## Exercise requirements
What is needed is every line of the material that contains "reader".
**** Data supplied ****
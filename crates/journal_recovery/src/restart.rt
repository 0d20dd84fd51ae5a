//! The restart of a server from its journal.
ghost use Rattle.std.specs.Prelude.{◌≡◌, map, IfErr, IfOk, OnOk};
ghost use Rattle.mds_request.specs.Configuration.{configuration};
ghost use Rattle.mds_snapshot.specs.Opening.{book_of};
ghost use Rattle.mds_desk.specs.Room.{room_of};
ghost use Rattle.journal_entry.specs.Entries.{entry_of};
ghost use Rattle.journal_recovery.specs.Laws.{IsRefusedFrom, IsStartRefused, IsStartedAgain};
ghost use Rattle.journal_recovery.specs.Recovery.{server_of, AreAnswered};

use crate::fault::StartFault;
use crate::laws;
use crate::progress::Progress;
use crate::replay::recover;
use journal_entry::JournalEntry;
use mds_desk::{AuthorRoom, Desk, furnish};
use mds_request::Config;
use mds_snapshot::{Blank, OpenFault, OpeningName};
use std::alloc::Global;
use std::sync::Wait;

/// Replays entries at a room and desks of the room's configuration.
///
/// # Errors
///
/// `Opening` where no reference to the configuration could be made, `Stopped` at the first entry that wasn't answered
/// with success.
fn replay_all<K: OpeningName, R: Wait, P: Progress>(
    rt: &R,
    room: &mut AuthorRoom<K>,
    desks: &mut [Desk<K>],
    entries: &[JournalEntry<'_>],
    progress: &mut P,
) -> Result<(), StartFault>
    ensures answered { OnOk result (AreAnswered (room_of room.old).configuration (map entry_of entries.now)
        (server_of room.old desks.old) (server_of room.new desks.new)) }
    ensures refused { IfErr result (IsRefusedFrom (room_of room.old).configuration (map entry_of entries.now) (server_of room.old desks.old)) }
{
    let Ok(config) = room.configuration() else {
        return Err(StartFault::Opening(OpenFault::NoMemory));
    };
    match recover(rt, &config, room, desks, entries, progress) {
        Ok(()) => Ok(()),
        Err(fault) => Err(StartFault::Stopped(fault)),
    }
}

/// The author's room, and the desk of each operator in the configuration's order, as the server left them whose journal
/// has these entries: new ones, of the one opening that the blank is, replay them. K names the opening.
///
/// What that server answered and what is done from here on are what one server did. That holds for a journal that was
/// written with this configuration.
///
/// # Errors
///
/// `Opening` where out of memory or of reader slots as the room and the desks were made; `Stopped` at the first
/// entry that wasn't answered with success.
pub fn start_again<K: OpeningName, R: Wait, P: Progress>(
    rt: &R,
    alloc: Global,
    config: Config,
    blank: Blank,
    entries: &[JournalEntry<'_>],
    progress: &mut P,
) -> Result<(AuthorRoom<K>, Vec<Desk<K>>), StartFault>
    requires { book_of blank ≡ K.book }
    ensures started { IfOk result (λ r. IsStartedAgain (configuration config) (map entry_of entries.now) (server_of r.0 r.1.items)) }
    ensures refused { IfErr result (IsStartRefused (configuration config) (map entry_of entries.now)) }
{
    laws::replayed_are_turns();
    laws::journal_leads_back();
    laws::goes_on_as_one_server();
    let (mut room, mut desks) = match furnish::<K, R>(rt, alloc, config, blank) {
        Ok(furnished) => furnished,
        Err(fault) => return Err(StartFault::Opening(fault)),
    };
    match replay_all(rt, &mut room, &mut desks, entries, progress) {
        Ok(()) => Ok((room, desks)),
        Err(fault) => {
            room.finish(rt);
            Err(fault)
        }
    }
}
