impl<K: LogName, L: Log, S: Space> CommitLog<K, L, S> {
    /// Makes a reservation for the payload of this client's request, before the request is carried out. The reservation
    /// goes to [`CommitLog::append`] where the request is to be persisted, and to [`CommitLog::release`] otherwise.
    ///
    /// # Errors
    ///
    /// No reservation is made: see [`ReserveFault`]. Nothing has changed.
    pub fn reserve<R: Wait>(
        &self,
        rt: &R,
        client: usize,
        text: Vec<u8>,
    ) -> Result<Reservation, ReserveFault>
        ensures { IfOk result (λ place. place.text ≡ text) }
    {
        if let Some(failure) = self.failed.failure() {
            return Err(ReserveFault::Failed(failure));
        }
        self.backlog.lock(rt).make_reservation(client, text)
    }

    /// Releases the reservation of a request that isn't persisted.
    pub fn release<R: Wait>(&self, rt: &R, place: Reservation) {
        self.backlog.lock(rt).release(place);
        self.more.notify_one();
    }

    /// Appends the record of a request that was carried out, and returns the log position of all that was appended by
    /// then: this client's records there are its own so far, and this one behind them. It doesn't wait for a sync.
    ///
    /// # Errors
    ///
    /// The commit log failed; this doesn't happen where the reservation was made here, and nobody else appends for this
    /// client.
    pub fn append<R: Wait>(
        &self,
        rt: &R,
        own: &mut OwnRecords<K, L>,
        place: Reservation,
    ) -> Result<LogPosition<K, L>, CommitFault>
        requires { K.client_of place.text.items ≡ own.old.client }
        ensures last { IfOk result (λ stamp. IsLast place.text.items stamp) }
        ensures records { IfOk result (λ stamp. GoesOnBy K.client_of own.old (place.text.items ∷ []) stamp) }
        ensures own { IfOk result (λ stamp. own.new.texts ≡ stamp) }
        ensures client { own.new.client ≡ own.old.client }
    {
        let appended = self.backlog.lock(rt).append(&self.ledger, own, place);
        match appended {
            Some(stamp) => {
                self.more.notify_one();
                Ok(stamp)
            }
            None => Err(CommitFault::Failed(self.fail(rt))),
        }
    }

    /// Makes a reservation for each of these payloads of one client, before their requests are carried out. The
    /// reservations go to [`CommitLog::append_chosen`], or to [`CommitLog::release_all`] where none of the requests is carried out.
    ///
    /// # Errors
    ///
    /// No reservation is made: see [`ReserveFault`]. Nothing has changed.
    pub fn reserve_all<R: Wait>(
        &self,
        rt: &R,
        client: usize,
        texts: Vec<Vec<u8>>,
    ) -> Result<Reservations, ReserveFault>
        ensures { IfOk result (λ places. places.texts ≡ texts) }
    {
        if let Some(failure) = self.failed.failure() {
            return Err(ReserveFault::Failed(failure));
        }
        self.backlog.lock(rt).make_reservations(client, texts)
    }

    /// Whether so much more may be reserved for this client now. It reserves nothing.
    pub fn has_share<R: Wait>(&self, rt: &R, client: usize, more: Usage) -> bool {
        self.backlog.lock(rt).has_share(client, more)
    }

    /// Releases all of these reservations.
    pub fn release_all<R: Wait>(&self, rt: &R, places: Reservations) {
        self.backlog.lock(rt).release_all(places);
        self.more.notify_one();
    }

    /// Appends the records of those requests that are to be persisted, by a flag for each, in their order and with
    /// nothing between, and releases the reservations of the others. Returns the log position of all that was appended
    /// by then, which isn't before the one known so far: this client's records there are its own so far, and these behind
    /// them. It doesn't wait for a sync.
    ///
    /// # Errors
    ///
    /// The commit log failed; this doesn't happen where the reservations were made here, and nobody else appends for this
    /// client.
    pub fn append_chosen<R: Wait>(
        &self,
        rt: &R,
        own: &mut OwnRecords<K, L>,
        known: &LogPosition<K, L>,
        places: Reservations,
        kept: &[bool],
    ) -> Result<LogPosition<K, L>, CommitFault>
        requires { AreOf K.client_of own.old.client (map (λ v. v.items) places.texts.items) }
        ensures last { IfOk result (λ stamp. AreLast (chosen kept.now (map (λ v. v.items) places.texts.items)) stamp) }
        ensures known { IfOk result (λ stamp. IsPrefix known.now stamp) }
        ensures records { IfOk result (λ stamp. GoesOnBy K.client_of own.old (chosen kept.now (map (λ v. v.items) places.texts.items)) stamp) }
        ensures own { IfOk result (λ stamp. own.new.texts ≡ stamp) }
        ensures client { own.new.client ≡ own.old.client }
    {
        let settled = self
            .backlog
            .lock(rt)
            .append_chosen(&self.ledger, own, places, kept);
        match settled {
            // Under the lock it is all that was appended, so it begins with what was known before.
            Some(stamp) if known.begins(&stamp) => {
                self.more.notify_one();
                Ok(stamp)
            }
            _ => Err(CommitFault::Failed(self.fail(rt))),
        }
    }

    /// Appends a record, and waits until it is synced: for what becomes visible to others at once, as a publication
    /// does. The round that syncs it begins after it was appended, so that it is confirmed by that round too.
    ///
    /// # Errors
    ///
    /// The commit log failed: then nothing may become visible.
    pub fn append_synced<R: Wait>(
        &self,
        rt: &R,
        own: &mut OwnRecords<K, L>,
        place: Reservation,
    ) -> Result<LogPosition<K, L>, CommitFault>
        requires { K.client_of place.text.items ≡ own.old.client }
        ensures last { IfOk result (λ stamp. IsLast place.text.items stamp) }
        ensures durable { IfOk result (λ stamp. AreDurable L.may_be L.is_synced stamp) }
        ensures records { IfOk result (λ stamp. GoesOnBy K.client_of own.old (place.text.items ∷ []) stamp) }
        ensures own { IfOk result (λ stamp. own.new.texts ≡ stamp) }
        ensures client { own.new.client ≡ own.old.client }
    {
        let stamp = self.append(rt, own, place)?;
        self.wait(rt, &stamp)?;
        Ok(stamp)
    }

    /// The log position of all that was appended by now, where this client's records there are just its own. None
    /// where it has others there.
    pub fn whole_position<R: Wait>(
        &self,
        rt: &R,
        own: &OwnRecords<K, L>,
    ) -> Option<LogPosition<K, L>>
        ensures { IfSome result (λ all. GoesOnBy K.client_of own.now [] all) }
    {
        self.backlog.lock(rt).whole_position(own)
    }

    /// The log position of all that was appended by now, and so of all that a response made by now can show. It doesn't
    /// wait.
    pub fn log_position(&self, known: &LogPosition<K, L>) -> LogPosition<K, L>
        ensures { IsPrefix known.now result }
    {
        known.later(&self.ledger)
    }

    /// The round behind which another confirms a response that was made by now: see
    /// [`confirmed_after`](crate::confirmed_after). It doesn't wait.
    pub fn confirmed_after(&self) -> Option<u64> {
        self.rounds.confirmed_after()
    }

    /// Whether a response with this log position may leave, by the round behind which another confirms it, as it was once
    /// the response was made. It doesn't wait.
    pub fn may_respond(&self, stamp: &LogPosition<K, L>, after: Option<u64>) -> ResponseTiming
        ensures { result ≡ tellings.Now → AreDurable L.may_be L.is_synced stamp.now }
    {
        let failed = self.failed.failure();
        // Behind the flusher's end no round ends any more, so what is seen of the rounds then stays so.
        let ended = self.ended.failure();
        let is_confirmed = self.rounds.is_confirmed(after);
        let synced = stamp.synced_prefix(&self.ledger);
        let failure = response_failure(failed, ended, is_confirmed);
        may_respond(failure, stamp.is_within(&synced), is_confirmed)
    }

    /// Blocks the thread until everything up to a log position is synced. It waits for no other round.
    ///
    /// # Errors
    ///
    /// The commit log failed.
    fn wait<R: Wait>(&self, rt: &R, stamp: &LogPosition<K, L>) -> Result<(), CommitFault>
        ensures { OnOk result (AreDurable L.may_be L.is_synced stamp.now) }
    {
        let mut backlog = self.backlog.lock(rt);
        for _ in rt.forever() {
            match self.may_respond(stamp, None) {
                ResponseTiming::Now => return Ok(()),
                ResponseTiming::Never(failure) => return Err(CommitFault::Failed(failure)),
                ResponseTiming::Later => {}
            }
            backlog = self.synced.wait(rt, backlog);
        }
        unreachable!()
    }

    /// Stops making reservations. The flusher ends once nothing waits, no response that waits wants a round, and nothing
    /// is reserved. A response that isn't confirmed by then never leaves.
    pub fn stop<R: Wait>(&self, rt: &R) {
        self.backlog.lock(rt).stop();
        self.more.notify_one();
    }

    /// A future that completes at the next wake-up of the waiting tasks.
    pub(crate) fn next_wakeup(&self) -> Result<OwnedNotified, AllocError> {
        Ok(Notify::notified_owned(Arc::try_clone(&self.told)?))
    }

    /// Asks the flusher for a round behind this one, where none has ended. Returns whether it did, or need not: it doesn't
    /// where the lock is held at this moment.
    pub(crate) fn want_round(&self, after: Option<u64>) -> bool
        ensures { after ≡ None → result ≡ true }
    {
        let Some(begun) = after else {
            return true;
        };
        if self.rounds.is_confirmed(after) {
            return true;
        }
        // Under the lock: the flusher then doesn't fall asleep between its look at what is wanted and this call.
        let Some(mut backlog) = self.backlog.try_lock() else {
            return false;
        };
        backlog.want_round(begun);
        mem::drop(backlog);
        self.more.notify_one();
        true
    }

    /// Waits until there is something to do, and moves all that waits into the group, which stays empty where responses
    /// alone want a round. None where the flusher is to end.
    pub(crate) fn next<R: Wait>(
        &self,
        rt: &R,
        taken: &LogPosition<K, L>,
        group: &mut Vec<Vec<u8>>,
    ) -> Result<Option<LogPosition<K, L>>, FlushFault>
        requires empty { group.old.items ≡ [] }
        requires capacity { MOST_TEXTS ≤ vec_capacity group.old }
        ensures some { IfOk result (λ next. IfSome next (λ stamp. stamp ≡ taken.now ++ map (λ v. v.items) group.new.items)) }
        ensures none { IfOk result (λ next. IfNone next (group.new.items ≡ [])) }
        ensures fault { OnErr result (group.new.items ≡ []) }
        ensures capacity { MOST_TEXTS ≤ vec_capacity group.new }
    {
        let ended = self.rounds.last_ended();
        let mut backlog = self.more.wait_while(rt, self.backlog.lock(rt), |backlog| {
            backlog.round(ended) == Round::Wait && self.failed.failure().is_none()
        });
        if self.failed.failure().is_some() {
            return Err(FlushFault::Failed);
        }
        match backlog.round(ended) {
            Round::End => Ok(None),
            Round::Flush | Round::Confirm | Round::Wait => match backlog.take(group, taken) {
                Some(stamp) => Ok(Some(stamp)),
                None => Err(FlushFault::Failed),
            },
        }
    }

    /// Wakes all that wait, to look again.
    pub(crate) fn wake_waiting<R: Wait>(&self, rt: &R) {
        // A thread that has looked and doesn't sleep yet holds the lock.
        mem::drop(self.backlog.lock(rt));
        self.synced.notify_all();
        self.told.notify_waiters();
    }

    /// The flusher has ended: from now on a response leaves only where it is confirmed by now.
    pub(crate) fn end_rounds<R: Wait>(&self, rt: &R) {
        self.ended.set();
        self.wake_waiting(rt);
    }

    /// From now on no response leaves any more.
    pub fn fail<R: Wait>(&self, rt: &R) -> LogFailure {
        let failure = self.failed.set();
        self.wake_waiting(rt);
        self.more.notify_one();
        failure
    }
}
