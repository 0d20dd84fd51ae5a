//! The table of a server's connections: whose they are, and what waits of each client.
ghost use Rattle.std.specs.Prelude.{◌≡◌, ◌≢◌, ℕ, ⊤, drop, slice_set, None, Some, option_map, true, false, IsTrue, IfSome, IsSomeAnd, OnSome};
ghost use Rattle.std.specs.Bool.{OnTrue, OnFalse};
ghost use Rattle.std.specs.Option.{option_map_or};
ghost use Rattle.slab.specs.Slab.{Updates, get};
ghost use Rattle.server_http.specs.Slots.{ClosesOldest, GivesSlot, IsNew, MatchAdmittance, SameLoads, StartsWait, TakesSlot, answered, asker, busy, bytes_without, client_at, closing, counted, counts_of, counts_without, fits, idle_lists, idle_of, idle_since, idle_with, idle_without, is_free, loads_without, oldest_of, one_more, since_at, uncounted, waiting, waits_at};
ghost use Rattle.server_http.specs.declared.slots.Admittance.TheVariants.{Admitted, Busy};
ghost use Rattle.server_http.specs.declared.slots.ConnEntry.{ConnEntry};

use mds_request::Actor;
use server_admission::{Decision, Load, index_of, may_wait, slot_for};
use slab::Slab;
use std::alloc::{AllocError, Global};
use std::collections::BTreeMap;
use std::sync::Arc;
use std::sync::atomic::{AtomicU64, Ordering};
use tokio::sync::{Notify, OwnedNotified};

/// The connection's slot: what all parts of a connection share.
#[derive(Drop)]
pub struct ConnSlot {
    /// How far it is: even while it waits for a head, odd while a request is answered.
    pub progress: AtomicU64,
    /// Notifies the connection that it has to close.
    leave: Arc<Notify>,
    /// Notifies it that the server shuts down.
    last: Arc<Notify>,
}

/// Whether a request may wait for its answer.
#[derive(Clone, Copy, Debug, PartialEq, Eq)]
pub enum Admittance {
    /// It may, in this client's queue.
    Admitted(Actor),
    /// Too much waits already, no slot is left for a connection of the client, the connection was
    /// told to close, or the table is closed.
    Busy,
}

/// A connection that has a slot.
#[derive(Drop)]
struct ConnEntry {
    /// The index of the client that uses it.
    client: usize,
    /// It was told to close, and isn't counted any more.
    is_closing: bool,
    /// Since when it is idle, where it is.
    since: Option<u64>,
    /// The bytes that the body of its unanswered request counts as.
    waits: Option<usize>,
    slot: Arc<ConnSlot>,
}

/// The table of connections, and what waits.
#[derive(Drop)]
pub struct ConnTable {
    conns: Slab<ConnEntry>,
    /// How often a connection began to be idle: later ones have a higher number.
    idle_starts: u64,
    /// The keys of each client's idle connections, by since when they are idle.
    idle: Vec<BTreeMap<u64, usize>>,
    /// How many connections each client has: anonymous, the author, and then the operators.
    counts: Vec<usize>,
    /// What waits of each of these.
    loads: Vec<Load>,
    /// How many connections there are.
    all: usize,
    /// The bytes that wait of all clients.
    bytes: usize,
    /// The number of open connections, shared with its reader.
    open: Option<Arc<AtomicU64>>,
    /// The server shuts down: no connection and no request gets in any more.
    is_closed: bool,
}

impl ConnSlot {
    /// The slot of a connection that waits for its first head.
    ///
    /// # Errors
    ///
    /// Out of memory.
    pub fn new(alloc: Global) -> Result<ConnSlot, AllocError> {
        Ok(ConnSlot {
            progress: AtomicU64::new(0),
            leave: Arc::new(alloc, Notify::new(alloc)?)?,
            last: Arc::new(alloc, Notify::new(alloc)?)?,
        })
    }

    /// A future that ends when the connection is told to close.
    ///
    /// # Errors
    ///
    /// There are too many references.
    pub fn close_notice(&self) -> Result<OwnedNotified, AllocError> {
        Ok(Notify::notified_owned(Arc::try_clone(&self.leave)?))
    }

    /// A future that ends when the server shuts down.
    ///
    /// # Errors
    ///
    /// There are too many references.
    pub fn shutdown_notice(&self) -> Result<OwnedNotified, AllocError> {
        Ok(Notify::notified_owned(Arc::try_clone(&self.last)?))
    }
}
****
## Result of this task
/// `Opening` where out of memory or of reader slots as the room and the desks were made; `Stopped` at the first
    /// The number of open connections, shared with its reader.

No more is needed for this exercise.